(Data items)
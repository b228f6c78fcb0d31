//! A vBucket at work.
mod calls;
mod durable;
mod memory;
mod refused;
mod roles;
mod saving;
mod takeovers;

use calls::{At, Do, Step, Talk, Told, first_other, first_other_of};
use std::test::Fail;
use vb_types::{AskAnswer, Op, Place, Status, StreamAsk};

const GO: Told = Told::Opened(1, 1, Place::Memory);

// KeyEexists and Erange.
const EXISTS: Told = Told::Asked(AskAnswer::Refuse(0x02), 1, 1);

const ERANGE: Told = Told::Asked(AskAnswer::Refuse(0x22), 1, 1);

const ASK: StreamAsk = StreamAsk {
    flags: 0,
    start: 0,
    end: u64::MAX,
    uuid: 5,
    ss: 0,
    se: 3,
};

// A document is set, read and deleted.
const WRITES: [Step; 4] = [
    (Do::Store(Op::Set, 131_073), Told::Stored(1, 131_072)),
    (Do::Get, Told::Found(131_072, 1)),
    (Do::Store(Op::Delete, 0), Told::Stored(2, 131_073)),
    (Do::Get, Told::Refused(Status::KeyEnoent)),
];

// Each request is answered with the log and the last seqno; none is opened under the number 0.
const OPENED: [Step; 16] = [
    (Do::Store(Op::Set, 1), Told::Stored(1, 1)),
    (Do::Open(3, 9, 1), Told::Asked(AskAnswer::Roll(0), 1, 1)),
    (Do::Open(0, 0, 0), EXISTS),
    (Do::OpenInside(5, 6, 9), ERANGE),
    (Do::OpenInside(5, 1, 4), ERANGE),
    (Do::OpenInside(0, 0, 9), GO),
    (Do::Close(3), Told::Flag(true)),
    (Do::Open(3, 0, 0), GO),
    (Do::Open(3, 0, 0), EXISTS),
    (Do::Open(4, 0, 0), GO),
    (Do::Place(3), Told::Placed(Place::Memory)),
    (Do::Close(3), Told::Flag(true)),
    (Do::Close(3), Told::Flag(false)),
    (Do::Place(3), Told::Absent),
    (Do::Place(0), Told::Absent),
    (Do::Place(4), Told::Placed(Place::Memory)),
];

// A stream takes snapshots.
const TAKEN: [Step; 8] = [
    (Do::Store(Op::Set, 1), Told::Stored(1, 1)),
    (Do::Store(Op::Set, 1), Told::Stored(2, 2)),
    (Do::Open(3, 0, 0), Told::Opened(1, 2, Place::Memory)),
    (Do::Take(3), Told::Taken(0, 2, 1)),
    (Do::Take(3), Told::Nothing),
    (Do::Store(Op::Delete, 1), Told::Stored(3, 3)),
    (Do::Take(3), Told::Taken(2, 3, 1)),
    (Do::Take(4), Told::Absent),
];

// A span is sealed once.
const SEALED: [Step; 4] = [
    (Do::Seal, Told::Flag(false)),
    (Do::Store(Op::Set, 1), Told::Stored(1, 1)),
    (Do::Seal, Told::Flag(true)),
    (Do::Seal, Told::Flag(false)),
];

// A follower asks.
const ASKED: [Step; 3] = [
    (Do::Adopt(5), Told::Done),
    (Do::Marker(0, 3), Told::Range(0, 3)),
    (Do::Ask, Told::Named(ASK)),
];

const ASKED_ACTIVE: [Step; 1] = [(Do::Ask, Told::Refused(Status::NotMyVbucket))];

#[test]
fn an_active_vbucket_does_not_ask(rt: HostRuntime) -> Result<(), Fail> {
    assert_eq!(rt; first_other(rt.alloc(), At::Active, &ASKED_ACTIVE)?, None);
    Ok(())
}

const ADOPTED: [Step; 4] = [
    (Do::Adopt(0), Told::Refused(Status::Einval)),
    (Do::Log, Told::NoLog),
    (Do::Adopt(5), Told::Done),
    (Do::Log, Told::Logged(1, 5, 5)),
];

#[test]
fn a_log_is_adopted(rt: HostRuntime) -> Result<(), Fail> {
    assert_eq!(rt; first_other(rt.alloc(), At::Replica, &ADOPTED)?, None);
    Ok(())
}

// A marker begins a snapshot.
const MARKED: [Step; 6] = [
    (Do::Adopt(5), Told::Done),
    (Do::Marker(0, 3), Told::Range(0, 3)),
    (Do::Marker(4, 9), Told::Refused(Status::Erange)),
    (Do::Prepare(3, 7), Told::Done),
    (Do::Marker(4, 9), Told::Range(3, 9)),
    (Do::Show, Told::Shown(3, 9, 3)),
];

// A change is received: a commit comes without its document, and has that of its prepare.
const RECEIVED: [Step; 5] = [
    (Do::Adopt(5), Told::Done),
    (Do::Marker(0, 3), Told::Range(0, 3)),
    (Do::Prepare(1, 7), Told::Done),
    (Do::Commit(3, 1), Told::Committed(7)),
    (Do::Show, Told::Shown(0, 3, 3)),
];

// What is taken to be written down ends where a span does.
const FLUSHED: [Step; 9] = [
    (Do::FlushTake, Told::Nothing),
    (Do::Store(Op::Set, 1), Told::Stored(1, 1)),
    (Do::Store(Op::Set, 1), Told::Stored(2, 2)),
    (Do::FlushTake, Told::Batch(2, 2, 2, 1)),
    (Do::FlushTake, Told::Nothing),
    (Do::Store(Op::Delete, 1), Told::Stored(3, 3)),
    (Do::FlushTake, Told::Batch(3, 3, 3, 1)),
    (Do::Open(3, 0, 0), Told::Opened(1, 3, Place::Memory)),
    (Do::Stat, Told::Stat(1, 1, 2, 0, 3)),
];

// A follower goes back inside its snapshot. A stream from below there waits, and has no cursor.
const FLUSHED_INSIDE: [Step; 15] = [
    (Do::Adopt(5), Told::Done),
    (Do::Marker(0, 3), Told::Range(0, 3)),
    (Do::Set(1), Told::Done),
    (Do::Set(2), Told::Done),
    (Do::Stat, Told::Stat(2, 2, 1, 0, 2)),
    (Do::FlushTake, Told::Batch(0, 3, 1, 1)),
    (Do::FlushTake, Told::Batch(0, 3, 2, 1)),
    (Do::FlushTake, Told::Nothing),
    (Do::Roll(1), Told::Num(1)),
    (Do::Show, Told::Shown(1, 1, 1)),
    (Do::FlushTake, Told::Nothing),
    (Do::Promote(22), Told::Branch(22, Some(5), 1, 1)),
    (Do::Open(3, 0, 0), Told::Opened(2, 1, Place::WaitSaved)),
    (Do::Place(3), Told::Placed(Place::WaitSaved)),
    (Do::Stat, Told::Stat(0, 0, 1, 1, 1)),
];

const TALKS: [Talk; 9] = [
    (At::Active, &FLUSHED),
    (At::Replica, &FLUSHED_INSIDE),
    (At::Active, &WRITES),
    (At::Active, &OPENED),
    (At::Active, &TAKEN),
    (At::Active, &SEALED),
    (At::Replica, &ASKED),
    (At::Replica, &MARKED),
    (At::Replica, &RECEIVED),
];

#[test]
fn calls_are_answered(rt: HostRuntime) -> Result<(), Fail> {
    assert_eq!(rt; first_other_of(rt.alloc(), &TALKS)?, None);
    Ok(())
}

• WHAT IS NEEDED:
All records shown above are to be given again verbatim.

• RESULT:
repository b228f6c78fcb0d31
//! A vBucket at work.
mod calls;
mod durable;
mod memory;
mod refused;
mod roles;
mod saving;
mod takeovers;

use calls::{At, Do, Step, Talk, Told, first_other, first_other_of};
use std::test::Fail;
use vb_types::{AskAnswer, Op, Place, Status, StreamAsk};

const GO: Told = Told::Opened(1, 1, Place::Memory);

// KeyEexists and Erange.
const EXISTS: Told = Told::Asked(AskAnswer::Refuse(0x02), 1, 1);

const ERANGE: Told = Told::Asked(AskAnswer::Refuse(0x22), 1, 1);

const ASK: StreamAsk = StreamAsk {
    flags: 0,
    start: 0,
    end: u64::MAX,
    uuid: 5,
    ss: 0,
    se: 3,
};

// A document is set, read and deleted.
const WRITES: [Step; 4] = [
    (Do::Store(Op::Set, 131_073), Told::Stored(1, 131_072)),
    (Do::Get, Told::Found(131_072, 1)),
    (Do::Store(Op::Delete, 0), Told::Stored(2, 131_073)),
    (Do::Get, Told::Refused(Status::KeyEnoent)),
];

// Each request is answered with the log and the last seqno; none is opened under the number 0.
const OPENED: [Step; 16] = [
    (Do::Store(Op::Set, 1), Told::Stored(1, 1)),
    (Do::Open(3, 9, 1), Told::Asked(AskAnswer::Roll(0), 1, 1)),
    (Do::Open(0, 0, 0), EXISTS),
    (Do::OpenInside(5, 6, 9), ERANGE),
    (Do::OpenInside(5, 1, 4), ERANGE),
    (Do::OpenInside(0, 0, 9), GO),
    (Do::Close(3), Told::Flag(true)),
    (Do::Open(3, 0, 0), GO),
    (Do::Open(3, 0, 0), EXISTS),
    (Do::Open(4, 0, 0), GO),
    (Do::Place(3), Told::Placed(Place::Memory)),
    (Do::Close(3), Told::Flag(true)),
    (Do::Close(3), Told::Flag(false)),
    (Do::Place(3), Told::Absent),
    (Do::Place(0), Told::Absent),
    (Do::Place(4), Told::Placed(Place::Memory)),
];

// A stream takes snapshots.
const TAKEN: [Step; 8] = [
    (Do::Store(Op::Set, 1), Told::Stored(1, 1)),
    (Do::Store(Op::Set, 1), Told::Stored(2, 2)),
    (Do::Open(3, 0, 0), Told::Opened(1, 2, Place::Memory)),
    (Do::Take(3), Told::Taken(0, 2, 1)),
    (Do::Take(3), Told::Nothing),
    (Do::Store(Op::Delete, 1), Told::Stored(3, 3)),
    (Do::Take(3), Told::Taken(2, 3, 1)),
    (Do::Take(4), Told::Absent),
];

// A span is sealed once.
const SEALED: [Step; 4] = [
    (Do::Seal, Told::Flag(false)),
    (Do::Store(Op::Set, 1), Told::Stored(1, 1)),
    (Do::Seal, Told::Flag(true)),
    (Do::Seal, Told::Flag(false)),
];

// A follower asks.
const ASKED: [Step; 3] = [
    (Do::Adopt(5), Told::Done),
    (Do::Marker(0, 3), Told::Range(0, 3)),
    (Do::Ask, Told::Named(ASK)),
];

const ASKED_ACTIVE: [Step; 1] = [(Do::Ask, Told::Refused(Status::NotMyVbucket))];

#[test]
fn an_active_vbucket_does_not_ask(rt: HostRuntime) -> Result<(), Fail> {
    assert_eq!(rt; first_other(rt.alloc(), At::Active, &ASKED_ACTIVE)?, None);
    Ok(())
}

const ADOPTED: [Step; 4] = [
    (Do::Adopt(0), Told::Refused(Status::Einval)),
    (Do::Log, Told::NoLog),
    (Do::Adopt(5), Told::Done),
    (Do::Log, Told::Logged(1, 5, 5)),
];

#[test]
fn a_log_is_adopted(rt: HostRuntime) -> Result<(), Fail> {
    assert_eq!(rt; first_other(rt.alloc(), At::Replica, &ADOPTED)?, None);
    Ok(())
}

// A marker begins a snapshot.
const MARKED: [Step; 6] = [
    (Do::Adopt(5), Told::Done),
    (Do::Marker(0, 3), Told::Range(0, 3)),
    (Do::Marker(4, 9), Told::Refused(Status::Erange)),
    (Do::Prepare(3, 7), Told::Done),
    (Do::Marker(4, 9), Told::Range(3, 9)),
    (Do::Show, Told::Shown(3, 9, 3)),
];

// A change is received: a commit comes without its document, and has that of its prepare.
const RECEIVED: [Step; 5] = [
    (Do::Adopt(5), Told::Done),
    (Do::Marker(0, 3), Told::Range(0, 3)),
    (Do::Prepare(1, 7), Told::Done),
    (Do::Commit(3, 1), Told::Committed(7)),
    (Do::Show, Told::Shown(0, 3, 3)),
];

// What is taken to be written down ends where a span does.
const FLUSHED: [Step; 9] = [
    (Do::FlushTake, Told::Nothing),
    (Do::Store(Op::Set, 1), Told::Stored(1, 1)),
    (Do::Store(Op::Set, 1), Told::Stored(2, 2)),
    (Do::FlushTake, Told::Batch(2, 2, 2, 1)),
    (Do::FlushTake, Told::Nothing),
    (Do::Store(Op::Delete, 1), Told::Stored(3, 3)),
    (Do::FlushTake, Told::Batch(3, 3, 3, 1)),
    (Do::Open(3, 0, 0), Told::Opened(1, 3, Place::Memory)),
    (Do::Stat, Told::Stat(1, 1, 2, 0, 3)),
];

// A follower goes back inside its snapshot. A stream from below there waits, and has no cursor.
const FLUSHED_INSIDE: [Step; 15] = [
    (Do::Adopt(5), Told::Done),
    (Do::Marker(0, 3), Told::Range(0, 3)),
    (Do::Set(1), Told::Done),
    (Do::Set(2), Told::Done),
    (Do::Stat, Told::Stat(2, 2, 1, 0, 2)),
    (Do::FlushTake, Told::Batch(0, 3, 1, 1)),
    (Do::FlushTake, Told::Batch(0, 3, 2, 1)),
    (Do::FlushTake, Told::Nothing),
    (Do::Roll(1), Told::Num(1)),
    (Do::Show, Told::Shown(1, 1, 1)),
    (Do::FlushTake, Told::Nothing),
    (Do::Promote(22), Told::Branch(22, Some(5), 1, 1)),
    (Do::Open(3, 0, 0), Told::Opened(2, 1, Place::WaitSaved)),
    (Do::Place(3), Told::Placed(Place::WaitSaved)),
    (Do::Stat, Told::Stat(0, 0, 1, 1, 1)),
];

const TALKS: [Talk; 9] = [
    (At::Active, &FLUSHED),
    (At::Replica, &FLUSHED_INSIDE),
    (At::Active, &WRITES),
    (At::Active, &OPENED),
    (At::Active, &TAKEN),
    (At::Active, &SEALED),
    (At::Replica, &ASKED),
    (At::Replica, &MARKED),
    (At::Replica, &RECEIVED),
];

#[test]
fn calls_are_answered(rt: HostRuntime) -> Result<(), Fail> {
    assert_eq!(rt; first_other_of(rt.alloc(), &TALKS)?, None);
    Ok(())
}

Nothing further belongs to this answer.